_DIRECTIONS_
When the line with "let slot_minutes = parts.slot_minutes.to_string(alloc)?;" appears below, start repeating lines exactly, and keep going through the line with "settings of an instance as a table."; add nothing outside that span.

(SOURCE DATA Opens)

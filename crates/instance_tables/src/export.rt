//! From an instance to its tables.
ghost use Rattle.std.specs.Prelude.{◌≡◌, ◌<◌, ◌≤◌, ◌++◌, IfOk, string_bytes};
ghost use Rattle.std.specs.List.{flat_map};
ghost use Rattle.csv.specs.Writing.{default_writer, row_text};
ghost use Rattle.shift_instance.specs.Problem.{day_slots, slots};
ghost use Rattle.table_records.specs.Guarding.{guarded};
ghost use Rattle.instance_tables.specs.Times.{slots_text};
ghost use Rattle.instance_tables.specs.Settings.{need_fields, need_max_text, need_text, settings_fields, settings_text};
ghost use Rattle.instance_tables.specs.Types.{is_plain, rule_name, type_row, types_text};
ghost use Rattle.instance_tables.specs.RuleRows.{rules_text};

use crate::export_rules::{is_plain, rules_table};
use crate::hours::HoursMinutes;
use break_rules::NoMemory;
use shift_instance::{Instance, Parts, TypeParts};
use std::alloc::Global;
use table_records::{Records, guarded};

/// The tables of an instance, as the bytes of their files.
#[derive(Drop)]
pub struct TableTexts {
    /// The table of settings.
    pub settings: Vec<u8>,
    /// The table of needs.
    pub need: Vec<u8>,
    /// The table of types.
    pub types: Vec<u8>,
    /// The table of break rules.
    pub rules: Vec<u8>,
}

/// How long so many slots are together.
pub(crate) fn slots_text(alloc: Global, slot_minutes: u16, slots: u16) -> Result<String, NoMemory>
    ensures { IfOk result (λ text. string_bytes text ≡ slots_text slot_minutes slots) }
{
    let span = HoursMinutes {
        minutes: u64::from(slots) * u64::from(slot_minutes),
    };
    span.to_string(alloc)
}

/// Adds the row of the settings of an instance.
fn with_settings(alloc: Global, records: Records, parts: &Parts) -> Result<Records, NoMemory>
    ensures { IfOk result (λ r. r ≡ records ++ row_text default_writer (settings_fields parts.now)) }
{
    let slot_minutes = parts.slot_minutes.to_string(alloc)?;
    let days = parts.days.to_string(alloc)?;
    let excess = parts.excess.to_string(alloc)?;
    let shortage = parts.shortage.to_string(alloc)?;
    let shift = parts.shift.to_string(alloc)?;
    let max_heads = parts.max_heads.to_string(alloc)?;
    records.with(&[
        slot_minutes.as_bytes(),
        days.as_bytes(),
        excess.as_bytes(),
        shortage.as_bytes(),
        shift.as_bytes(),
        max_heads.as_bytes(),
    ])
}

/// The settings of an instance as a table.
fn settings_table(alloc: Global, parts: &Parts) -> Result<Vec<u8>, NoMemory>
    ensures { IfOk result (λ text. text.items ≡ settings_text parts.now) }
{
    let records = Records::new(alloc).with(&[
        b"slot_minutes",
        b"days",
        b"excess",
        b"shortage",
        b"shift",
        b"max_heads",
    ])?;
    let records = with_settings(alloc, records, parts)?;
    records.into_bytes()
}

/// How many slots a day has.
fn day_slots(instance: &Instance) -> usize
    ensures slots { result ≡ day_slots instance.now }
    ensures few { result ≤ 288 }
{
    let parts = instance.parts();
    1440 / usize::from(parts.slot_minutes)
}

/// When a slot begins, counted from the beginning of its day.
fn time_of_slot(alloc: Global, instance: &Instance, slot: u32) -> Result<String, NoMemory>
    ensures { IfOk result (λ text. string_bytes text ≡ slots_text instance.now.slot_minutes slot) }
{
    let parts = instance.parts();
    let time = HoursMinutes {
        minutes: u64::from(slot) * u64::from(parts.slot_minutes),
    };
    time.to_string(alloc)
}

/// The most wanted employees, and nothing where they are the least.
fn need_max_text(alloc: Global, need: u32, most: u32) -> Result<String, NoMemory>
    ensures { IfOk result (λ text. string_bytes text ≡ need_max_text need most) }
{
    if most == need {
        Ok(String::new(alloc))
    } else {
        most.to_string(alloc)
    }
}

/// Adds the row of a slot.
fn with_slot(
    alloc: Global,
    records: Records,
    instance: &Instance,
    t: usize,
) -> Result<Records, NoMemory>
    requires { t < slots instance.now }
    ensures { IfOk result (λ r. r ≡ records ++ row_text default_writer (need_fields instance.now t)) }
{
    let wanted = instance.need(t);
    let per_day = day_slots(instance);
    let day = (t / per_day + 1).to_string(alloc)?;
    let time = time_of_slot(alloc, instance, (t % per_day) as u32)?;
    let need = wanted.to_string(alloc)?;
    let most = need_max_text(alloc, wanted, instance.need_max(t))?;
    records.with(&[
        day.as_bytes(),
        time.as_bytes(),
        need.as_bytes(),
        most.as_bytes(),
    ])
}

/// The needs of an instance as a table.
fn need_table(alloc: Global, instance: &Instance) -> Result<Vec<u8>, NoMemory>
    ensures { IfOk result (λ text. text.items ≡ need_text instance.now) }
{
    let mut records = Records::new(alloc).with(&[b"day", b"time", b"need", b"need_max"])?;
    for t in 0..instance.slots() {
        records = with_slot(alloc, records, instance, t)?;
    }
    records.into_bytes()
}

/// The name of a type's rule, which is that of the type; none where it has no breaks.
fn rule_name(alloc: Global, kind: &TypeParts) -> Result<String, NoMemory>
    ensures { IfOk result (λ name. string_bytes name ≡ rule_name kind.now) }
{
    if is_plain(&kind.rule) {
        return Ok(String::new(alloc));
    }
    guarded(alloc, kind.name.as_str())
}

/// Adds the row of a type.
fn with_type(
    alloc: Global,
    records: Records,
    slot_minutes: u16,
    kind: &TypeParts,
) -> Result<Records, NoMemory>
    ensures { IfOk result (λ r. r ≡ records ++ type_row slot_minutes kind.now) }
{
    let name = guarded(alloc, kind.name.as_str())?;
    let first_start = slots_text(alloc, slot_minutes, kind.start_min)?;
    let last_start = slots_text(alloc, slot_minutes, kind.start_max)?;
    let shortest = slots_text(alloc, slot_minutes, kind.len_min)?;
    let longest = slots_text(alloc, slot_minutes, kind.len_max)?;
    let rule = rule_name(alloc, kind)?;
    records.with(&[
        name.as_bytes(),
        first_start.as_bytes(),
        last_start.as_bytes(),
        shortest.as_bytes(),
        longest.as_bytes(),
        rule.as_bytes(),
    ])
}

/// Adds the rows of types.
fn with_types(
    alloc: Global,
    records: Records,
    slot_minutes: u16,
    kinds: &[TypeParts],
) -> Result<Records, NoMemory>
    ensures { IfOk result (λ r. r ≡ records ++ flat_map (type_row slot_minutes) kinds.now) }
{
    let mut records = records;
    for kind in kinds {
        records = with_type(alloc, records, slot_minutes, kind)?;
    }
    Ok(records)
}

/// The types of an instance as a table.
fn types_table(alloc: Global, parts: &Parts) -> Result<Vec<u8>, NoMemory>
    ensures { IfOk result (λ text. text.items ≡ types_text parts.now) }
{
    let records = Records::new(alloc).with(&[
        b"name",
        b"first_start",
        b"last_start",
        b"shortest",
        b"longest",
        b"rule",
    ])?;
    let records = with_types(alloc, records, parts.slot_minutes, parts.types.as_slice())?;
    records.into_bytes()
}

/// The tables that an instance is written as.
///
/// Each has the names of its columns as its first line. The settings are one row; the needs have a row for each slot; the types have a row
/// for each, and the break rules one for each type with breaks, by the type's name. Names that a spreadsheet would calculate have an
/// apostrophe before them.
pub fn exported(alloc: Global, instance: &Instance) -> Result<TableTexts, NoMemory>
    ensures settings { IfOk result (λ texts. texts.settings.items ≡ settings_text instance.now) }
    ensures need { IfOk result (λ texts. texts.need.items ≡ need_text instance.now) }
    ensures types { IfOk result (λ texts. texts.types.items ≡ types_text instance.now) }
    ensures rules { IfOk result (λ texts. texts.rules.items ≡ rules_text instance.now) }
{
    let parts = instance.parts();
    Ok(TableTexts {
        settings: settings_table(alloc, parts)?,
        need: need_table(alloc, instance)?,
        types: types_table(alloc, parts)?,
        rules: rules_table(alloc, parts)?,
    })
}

(SOURCE DATA Closes)
(SOURCE DATA Opens)

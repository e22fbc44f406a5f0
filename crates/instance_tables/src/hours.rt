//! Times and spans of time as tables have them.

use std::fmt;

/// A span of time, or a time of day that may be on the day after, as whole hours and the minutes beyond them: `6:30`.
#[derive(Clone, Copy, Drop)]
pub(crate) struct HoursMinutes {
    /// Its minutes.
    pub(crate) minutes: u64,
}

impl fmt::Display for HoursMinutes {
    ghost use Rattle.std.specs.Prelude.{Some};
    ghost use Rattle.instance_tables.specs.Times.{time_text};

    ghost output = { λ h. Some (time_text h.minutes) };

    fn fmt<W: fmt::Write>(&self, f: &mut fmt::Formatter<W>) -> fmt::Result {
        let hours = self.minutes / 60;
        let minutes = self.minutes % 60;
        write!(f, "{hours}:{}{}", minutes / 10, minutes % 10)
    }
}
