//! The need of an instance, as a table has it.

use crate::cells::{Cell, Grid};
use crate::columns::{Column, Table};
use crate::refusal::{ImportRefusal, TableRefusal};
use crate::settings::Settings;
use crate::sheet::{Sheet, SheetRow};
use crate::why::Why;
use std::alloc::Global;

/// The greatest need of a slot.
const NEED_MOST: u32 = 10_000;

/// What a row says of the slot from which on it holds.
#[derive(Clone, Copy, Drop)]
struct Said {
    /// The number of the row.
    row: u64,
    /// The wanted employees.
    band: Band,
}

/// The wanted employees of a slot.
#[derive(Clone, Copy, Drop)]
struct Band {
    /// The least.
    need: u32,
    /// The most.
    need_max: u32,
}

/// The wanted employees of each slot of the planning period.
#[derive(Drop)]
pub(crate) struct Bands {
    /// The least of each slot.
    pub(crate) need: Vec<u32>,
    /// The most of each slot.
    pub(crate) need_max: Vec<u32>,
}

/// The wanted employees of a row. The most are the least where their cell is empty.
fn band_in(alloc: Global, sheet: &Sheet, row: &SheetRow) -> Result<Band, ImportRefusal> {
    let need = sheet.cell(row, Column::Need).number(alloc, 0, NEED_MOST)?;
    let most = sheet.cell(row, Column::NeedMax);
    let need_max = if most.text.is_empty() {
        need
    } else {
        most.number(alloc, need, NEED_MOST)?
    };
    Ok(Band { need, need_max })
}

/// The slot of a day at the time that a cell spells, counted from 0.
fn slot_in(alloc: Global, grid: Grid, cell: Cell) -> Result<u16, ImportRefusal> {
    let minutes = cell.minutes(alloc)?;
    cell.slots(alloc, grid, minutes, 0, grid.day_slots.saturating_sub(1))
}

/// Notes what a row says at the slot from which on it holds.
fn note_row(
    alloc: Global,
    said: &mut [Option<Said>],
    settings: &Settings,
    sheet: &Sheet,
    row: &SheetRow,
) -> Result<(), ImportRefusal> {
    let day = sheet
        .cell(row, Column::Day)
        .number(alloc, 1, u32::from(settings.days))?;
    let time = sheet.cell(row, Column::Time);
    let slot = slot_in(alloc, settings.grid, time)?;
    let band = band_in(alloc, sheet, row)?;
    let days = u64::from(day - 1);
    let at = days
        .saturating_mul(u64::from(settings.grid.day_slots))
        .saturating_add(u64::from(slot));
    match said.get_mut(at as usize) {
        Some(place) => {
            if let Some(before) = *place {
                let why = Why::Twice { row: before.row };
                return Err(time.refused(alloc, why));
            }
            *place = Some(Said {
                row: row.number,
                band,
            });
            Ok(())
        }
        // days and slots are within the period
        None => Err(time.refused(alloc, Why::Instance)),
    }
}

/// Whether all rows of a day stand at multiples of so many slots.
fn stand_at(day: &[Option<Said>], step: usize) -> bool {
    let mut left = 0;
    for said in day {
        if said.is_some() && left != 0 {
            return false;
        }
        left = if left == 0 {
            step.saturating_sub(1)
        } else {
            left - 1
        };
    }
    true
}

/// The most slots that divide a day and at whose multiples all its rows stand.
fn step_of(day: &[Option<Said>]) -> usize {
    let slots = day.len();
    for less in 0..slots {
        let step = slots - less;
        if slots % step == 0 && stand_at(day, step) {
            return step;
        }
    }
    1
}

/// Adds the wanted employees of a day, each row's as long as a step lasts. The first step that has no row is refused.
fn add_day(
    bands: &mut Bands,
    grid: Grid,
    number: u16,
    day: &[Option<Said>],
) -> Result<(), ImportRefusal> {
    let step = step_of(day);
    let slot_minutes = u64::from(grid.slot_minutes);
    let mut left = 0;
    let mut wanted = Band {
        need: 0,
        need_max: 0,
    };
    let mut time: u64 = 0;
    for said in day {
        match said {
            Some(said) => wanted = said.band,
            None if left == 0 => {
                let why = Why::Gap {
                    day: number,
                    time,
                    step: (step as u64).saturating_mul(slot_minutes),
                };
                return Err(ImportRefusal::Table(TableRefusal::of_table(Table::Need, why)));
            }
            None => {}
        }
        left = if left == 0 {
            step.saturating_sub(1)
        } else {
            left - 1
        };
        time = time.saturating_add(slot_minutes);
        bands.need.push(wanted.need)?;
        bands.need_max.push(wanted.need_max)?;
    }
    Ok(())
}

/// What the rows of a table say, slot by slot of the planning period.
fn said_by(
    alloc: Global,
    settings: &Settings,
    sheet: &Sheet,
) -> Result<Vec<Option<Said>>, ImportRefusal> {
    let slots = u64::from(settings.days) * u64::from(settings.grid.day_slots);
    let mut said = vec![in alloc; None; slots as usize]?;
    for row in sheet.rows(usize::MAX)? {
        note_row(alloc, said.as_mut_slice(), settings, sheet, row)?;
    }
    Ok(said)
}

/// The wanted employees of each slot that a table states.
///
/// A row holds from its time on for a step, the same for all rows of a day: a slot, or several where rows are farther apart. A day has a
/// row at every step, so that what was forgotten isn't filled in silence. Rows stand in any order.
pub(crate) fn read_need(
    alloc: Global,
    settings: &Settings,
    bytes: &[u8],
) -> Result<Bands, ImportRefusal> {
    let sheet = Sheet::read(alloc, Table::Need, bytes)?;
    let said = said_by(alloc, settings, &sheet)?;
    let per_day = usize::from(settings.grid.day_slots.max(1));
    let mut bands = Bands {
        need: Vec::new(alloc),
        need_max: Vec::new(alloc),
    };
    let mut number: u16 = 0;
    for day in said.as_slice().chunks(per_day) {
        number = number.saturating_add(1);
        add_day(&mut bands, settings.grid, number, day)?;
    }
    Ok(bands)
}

(SOURCE DATA Closes)

_THE COMPLETED TASK_
    let slot_minutes = parts.slot_minutes.to_string(alloc)?;
    let days = parts.days.to_string(alloc)?;
    let excess = parts.excess.to_string(alloc)?;
    let shortage = parts.shortage.to_string(alloc)?;
    let shift = parts.shift.to_string(alloc)?;
    let max_heads = parts.max_heads.to_string(alloc)?;
    records.with(&[
        slot_minutes.as_bytes(),
        days.as_bytes(),
        excess.as_bytes(),
        shortage.as_bytes(),
        shift.as_bytes(),
        max_heads.as_bytes(),
    ])
}

/// The settings of an instance as a table.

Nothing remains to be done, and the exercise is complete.